The mechanism is granularity alignment — the same principle that drives retrieval-augmented agent workflows. A monolithic query like "book a flight to Tokyo and email my team the itinerary" hits a bi-encoder retriever with mixed semantics; no skill matches because the query contains two skill-shaped sub-intents. Decomposing into atomic sub-tasks restores 1:1 semantic alignment, which is why category recall jumps once decomposition is correct (Gao 2026). The SAD loop adds a second alignment: feeding retriever hits back to the decomposer lets it re-chunk along the catalogue's actual seams rather than linguistic structure.

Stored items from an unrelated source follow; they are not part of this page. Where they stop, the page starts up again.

//! The step machine with two feeders: a query does not see waiting rows, and none of them is lost.

use crate::refused::Refused;
use bsi_library::machine::Core;
use bsi_library::{Answer, ColumnSpec, Pred, Query, Row, Schema, Total};
use std::alloc::Global;

/// Makes a machine of two feeders, each of which may have four rows waiting.
pub(crate) fn make_machine(alloc: Global) -> Result<Core, Refused> {
    let mut schema = Schema::new(alloc);
    schema.add("qty", ColumnSpec::Slices(7))?;
    let capacities = vec![in alloc; 4, 4]?;
    Ok(Core::new(alloc, schema, capacities, 1_000)?)
}

/// Submits a row of one quantity.
pub(crate) fn submit(
    alloc: Global,
    core: &mut Core,
    feeder: u32,
    quantity: i128,
) -> Result<(), Refused> {
    let row = Row::new(vec![in alloc; Some(quantity)]?);
    Ok(core.submit(feeder, row)?)
}

/// Sums the indexed quantities.
pub(crate) fn sum(core: &Core) -> Result<Answer, Refused> {
    let total = Total::Sum(0);
    let pred = Pred::All;
    Ok(core.ask(&Query { total, pred })?)
}

/// Submits two rows of feeder 0 and one of feeder 1, loads one of each, and returns the sum of the indexed quantities
/// and the number of rows of feeder 0 that wait.
pub(crate) fn load_one_of_each(alloc: Global) -> Result<(Answer, Option<u32>), Refused> {
    let mut core = make_machine(alloc)?;
    submit(alloc, &mut core, 0, 5)?;
    submit(alloc, &mut core, 0, 2)?;
    submit(alloc, &mut core, 1, 40)?;
    core.load(0)?;
    core.load(1)?;
    Ok((sum(&core)?, core.waiting(0)))
}
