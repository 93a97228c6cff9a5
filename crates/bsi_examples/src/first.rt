//! Makes an index of the prices that fit (`index_prices`), the first example of CALLING.md.

use crate::refused::Refused;
use bsi_library::{ColumnSpec, Index, Row, Schema};
use std::alloc::Global;

/// Indexes the prices that fit: nulls, and numbers below 1,000.
pub(crate) fn index_prices(alloc: Global, prices: &[Option<i128>]) -> Result<Index, Refused> {
    let mut schema = Schema::new(alloc);
    schema.add("price", ColumnSpec::Range(vec![in alloc; 10, 10, 10]?))?;
    let mut index = Index::new(alloc, schema, 1, 1_000_000)?;
    'prices: for price in prices {
        let row = Row::new(vec![in alloc; *price]?);
        if index.schema().fits(&row) {
            index.append(0, &row)?;
        }
    }
    Ok(index)
}
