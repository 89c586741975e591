// The segment check, and whether accepted segments step back: one pass over the rows each.
#![tactic(auto)]

ghost use Rattle.std.specs.Prelude.{◌≡◌, ◌≤◌, min};
ghost use Rattle.rules.specs.Segments.{segments, steps_back};
ghost use Rattle.segments.specs.Rows.{accepted_segments, lengths_ok, Rising};
ghost use Rattle.rules.specs.Answer.{answer_of};

use crate::row::{grows, last_row_ok, overtakes, row_at, row_ok};
use layouts::limits::MOST_SEGMENTS;
use rules::Refusal;

pub mod row;

// `unit` is the layout's 1,000×MSF, `total` that of the partitions. Wrong lengths come first; then the first row that breaks a rule.
// A row ends at the next one's count, the last at the total. Where two rows do not grow, the later one is refused.
pub fn check(
    unit: u64,
    total: u64,
    counts: &[u64],
    times: &[i64],
    rates: &[u64],
) -> Result<(), Refusal>
    requires { 1 ≤ unit }
    ensures { answer_of result ≡ accepted_segments unit total (segments counts.now times.now rates.now) }
{
    let n = counts.len();
    if !lengths_ok(n, times.len(), rates.len()) {
        let length = shortest(n, times.len(), rates.len());
        return Err(Refusal::Segments { row: length });
    }
    let last = n - 1;
    for i in 0..last {
        let row = row_at(counts, times, rates, i);
        let next = row_at(counts, times, rates, i + 1);
        if !row_ok(unit, row, next.count) {
            return Err(Refusal::Segments { row: i });
        }
        if !grows(row, next) {
            return Err(Refusal::Segments { row: i + 1 });
        }
    }
    if !last_row_ok(unit, row_at(counts, times, rates, last), total) {
        return Err(Refusal::Segments { row: last });
    }
    Ok(())
}

// Whether the lists are of one length, neither empty nor too long.
#[tactic(auto, unfolding(crate::specs::Rows::lengths_ok, base::specs::Scans::all_of))]
pub fn lengths_ok(counts: usize, times: usize, rates: usize) -> bool
    ensures { result ≡ lengths_ok counts times rates }
{
    times == counts && rates == counts && 1 <= counts && counts <= MOST_SEGMENTS
}

pub fn shortest(counts: usize, times: usize, rates: usize) -> usize
    ensures { result ≡ min counts (min times rates) }
{
    counts.min(times.min(rates))
}

// Whether some line, rounded up, at the next segment's count is later than the next segment's time.
pub fn steps_back(unit: u64, counts: &[u64], times: &[i64], rates: &[u64]) -> bool
    requires le_unit { 1 ≤ unit }
    requires rising { Rising (segments counts.now times.now rates.now) }
    ensures { result ≡ steps_back unit (segments counts.now times.now rates.now) }
{
    let last = counts.len() - 1;
    let mut row = row_at(counts, times, rates, 0);
    for i in 0..last {
        let next = row_at(counts, times, rates, i + 1);
        if overtakes(unit, row, next) {
            return true;
        }
        row = next;
    }
    false
}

The broader pattern is already productised — Anthropic's Tool Search Tool reports an 85% token reduction on large libraries and lifts Opus 4 accuracy from 49% to 74% (Opus 4.5: 79.5% → 88.1%) by deferring tool definitions and retrieving on demand.

When This Backfires¶

Small libraries (<50 skills). The >99% context-saving headline measures against a 2,209-skill baseline. With 50 skills and prompt caching, preloading every schema is cheap; adding a decomposer call costs more than the savings and introduces decomposition-error risk for no gain.
Failed decomposition cascades. SAD reaches 67.7% accuracy — meaning roughly one in three queries still decomposes incorrectly. On those, every downstream retrieval and compose step is wasted. Survey work on agent failures finds early decomposition mistakes "rarely remain confined" — they propagate through the trajectory.
Tightly-coupled sub-tasks. A pre-committed DAG cannot recover when step 2's output should change step 3's plan. TDAG (2402.10178) formalises this as Cascading Task Failure and argues for dynamic re-decomposition; one-iteration SAD does not fully address it.
Ambiguous or overlapping skills. The bi-encoder cannot disambiguate functionally overlapping skills from descriptions alone. Decomposition does not fix a poorly-curated catalogue — Anthropic's guidance applies: if a human engineer cannot pick the right skill, the agent cannot either.
Latency-sensitive paths. Decompose + retrieve + plan adds at least one extra LLM round-trip before any real work begins. For sub-second interactive paths this overhead is dead weight that preload-and-route avoids.

Example¶

Anthropic's Tool Search Tool is the closest practitioner-ready expression of this pattern. The startup prompt declares tools with defer_loading: true; only the search tool is loaded by default, and the model retrieves skills at runtime:

{
  "type": "tool_search_tool_20251119",
  "name": "tool_search_tool"
}

Individual tools are marked deferred:

{
  "name": "jira_create_issue",
  "description": "Create a Jira issue",
  "defer_loading": true
}

At inference, the agent issues a tool-search call, retrieves the small subset of skills the current sub-task actually needs, and then calls them. The compositional layer — a decomposer that breaks "file a Jira issue and post the link to Slack" into two atomic searches — sits above this API. Anthropic reports average usage dropping from 43,588 to 27,297 tokens (37% reduction) when this is combined with programmatic tool calling, with intermediate results stripped from the model's context.

Key Takeaways¶

The pattern is for libraries in the hundreds-to-thousands of skills — under 50 skills, preload with caching wins on simplicity.
Decomposition quality, not retrieval quality, is the bottleneck — Iterative Skill-Aware Decomposition closes the gap by feeding retrieval hits back to the decomposer.
A failed decomposition wastes every downstream step; expect ~30% of queries to still mis-decompose even with SAD.
Pre-committed DAGs cannot recover from mid-execution evidence — use dynamic re-decomposition for tightly-coupled tasks.
Hiding skill implementation text to save tokens at retrieval time drops accuracy sharply — the retriever needs the full description.